• **MATERIAL FOR THIS EXERCISE**:
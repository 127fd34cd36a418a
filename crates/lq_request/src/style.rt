ghost use Rattle.std.specs.Prelude.{◌≡◌, ◌+◌, ◌<◌, ℕ, length, position, slice_index, IfSome};
ghost use Rattle.lq_text.specs.Lines.{lines_of};
ghost use Rattle.lq_request.specs.Style.{is_colon, last_switch, style_of, switch_of_line};
ghost use Rattle.lq_request.specs.Style.{switch_value};

use lq_text::{next_line, trim};

/// How the reply to a message is given, and what becomes of the connection.
#[derive(Clone, Copy)]
pub struct Style {
    /// Whether a line of 16 bytes with the code and the length comes first.
    pub fixed16: bool,
    /// Whether the connection goes on.
    pub keep: bool,
}

/// The style that a message asks for, also a refused or a too long one. Among all of its lines the
/// last one `ResponseHeader: fixed16` or `ResponseHeader: off` decides `fixed16`, and the last one
/// `KeepAlive: on` or `KeepAlive: off` decides `keep`; each is false without one.
#[tactic(auto, unfolding(crate::specs::Style::style_of))]
pub fn reply_style(b: &[u8]) -> Style
    ensures { result ≡ style_of b.now }
{
    Style {
        fixed16: last_switch(b, "ResponseHeader", "fixed16"),
        keep: last_switch(b, "KeepAlive", "on"),
    }
}

/// What the last well-formed line with a switch's name says, by the word that turns it on.
#[tactic(auto, unfolding(crate::specs::Style::last_switch))]
fn last_switch(bytes: &[u8], name: &str, on: &str) -> bool
    ensures { result ≡ last_switch name.now on.now (lines_of bytes.now) }
{
    let mut last = None;
    let mut at = 0;
    'lines: while let Some((end, next)) = next_line(bytes, at) {
        last = switch_of_line(&bytes[at..end], name, on).or(last);
        at = next;
    }
    last.unwrap_or(false)
}

/// What a line says of a switch, where it is a well-formed line of its name.
#[tactic(auto, unfolding(crate::specs::Style::switch_of_line))]
fn switch_of_line(line: &[u8], name: &str, on: &str) -> Option<bool>
    ensures { result ≡ switch_of_line name.now on.now line.now }
{
    let colon = colon_place(line)?;
    if &line[..colon] != name.as_bytes() {
        return None;
    }
    switch_value(on, &line[colon + 1..])
}

/// What a switch says: it is the word that turns it on, or `off`, with or without blanks around it.
#[tactic(auto, unfolding(crate::specs::Style::switch_value))]
pub fn switch_value(on: &str, value: &[u8]) -> Option<bool>
    ensures { result ≡ switch_value on.now value.now }
{
    let word = trim(value);
    if word == on.as_bytes() {
        Some(true)
    } else if word == b"off".as_slice() {
        Some(false)
    } else {
        None
    }
}

/// The place of the colon that ends a header's name.
pub fn colon_place(line: &[u8]) -> Option<usize>
    ensures place { result ≡ position is_colon line.now }
    ensures within { IfSome result (λ colon. colon < length line.now) }
    ensures colon { IfSome result (λ colon. slice_index line.now colon ≡ 58) }
{
    line.iter().position(|byte| *byte == b':')
}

• **PROBLEM DETAILS**: Write out each entry exactly, and omit nothing.

• **SOLUTION TO THE PROBLEM**:
repository 127fd34cd36a418a
filename crates/lq_request/src/style.rt
ghost use Rattle.std.specs.Prelude.{◌≡◌, ◌+◌, ◌<◌, ℕ, length, position, slice_index, IfSome};
ghost use Rattle.lq_text.specs.Lines.{lines_of};
ghost use Rattle.lq_request.specs.Style.{is_colon, last_switch, style_of, switch_of_line};
ghost use Rattle.lq_request.specs.Style.{switch_value};

use lq_text::{next_line, trim};

/// How the reply to a message is given, and what becomes of the connection.
#[derive(Clone, Copy)]
pub struct Style {
    /// Whether a line of 16 bytes with the code and the length comes first.
    pub fixed16: bool,
    /// Whether the connection goes on.
    pub keep: bool,
}

/// The style that a message asks for, also a refused or a too long one. Among all of its lines the
/// last one `ResponseHeader: fixed16` or `ResponseHeader: off` decides `fixed16`, and the last one
/// `KeepAlive: on` or `KeepAlive: off` decides `keep`; each is false without one.
#[tactic(auto, unfolding(crate::specs::Style::style_of))]
pub fn reply_style(b: &[u8]) -> Style
    ensures { result ≡ style_of b.now }
{
    Style {
        fixed16: last_switch(b, "ResponseHeader", "fixed16"),
        keep: last_switch(b, "KeepAlive", "on"),
    }
}

/// What the last well-formed line with a switch's name says, by the word that turns it on.
#[tactic(auto, unfolding(crate::specs::Style::last_switch))]
fn last_switch(bytes: &[u8], name: &str, on: &str) -> bool
    ensures { result ≡ last_switch name.now on.now (lines_of bytes.now) }
{
    let mut last = None;
    let mut at = 0;
    'lines: while let Some((end, next)) = next_line(bytes, at) {
        last = switch_of_line(&bytes[at..end], name, on).or(last);
        at = next;
    }
    last.unwrap_or(false)
}

/// What a line says of a switch, where it is a well-formed line of its name.
#[tactic(auto, unfolding(crate::specs::Style::switch_of_line))]
fn switch_of_line(line: &[u8], name: &str, on: &str) -> Option<bool>
    ensures { result ≡ switch_of_line name.now on.now line.now }
{
    let colon = colon_place(line)?;
    if &line[..colon] != name.as_bytes() {
        return None;
    }
    switch_value(on, &line[colon + 1..])
}

/// What a switch says: it is the word that turns it on, or `off`, with or without blanks around it.
#[tactic(auto, unfolding(crate::specs::Style::switch_value))]
pub fn switch_value(on: &str, value: &[u8]) -> Option<bool>
    ensures { result ≡ switch_value on.now value.now }
{
    let word = trim(value);
    if word == on.as_bytes() {
        Some(true)
    } else if word == b"off".as_slice() {
        Some(false)
    } else {
        None
    }
}

/// The place of the colon that ends a header's name.
pub fn colon_place(line: &[u8]) -> Option<usize>
    ensures place { result ≡ position is_colon line.now }
    ensures within { IfSome result (λ colon. colon < length line.now) }
    ensures colon { IfSome result (λ colon. slice_index line.now colon ≡ 58) }
{
    line.iter().position(|byte| *byte == b':')
}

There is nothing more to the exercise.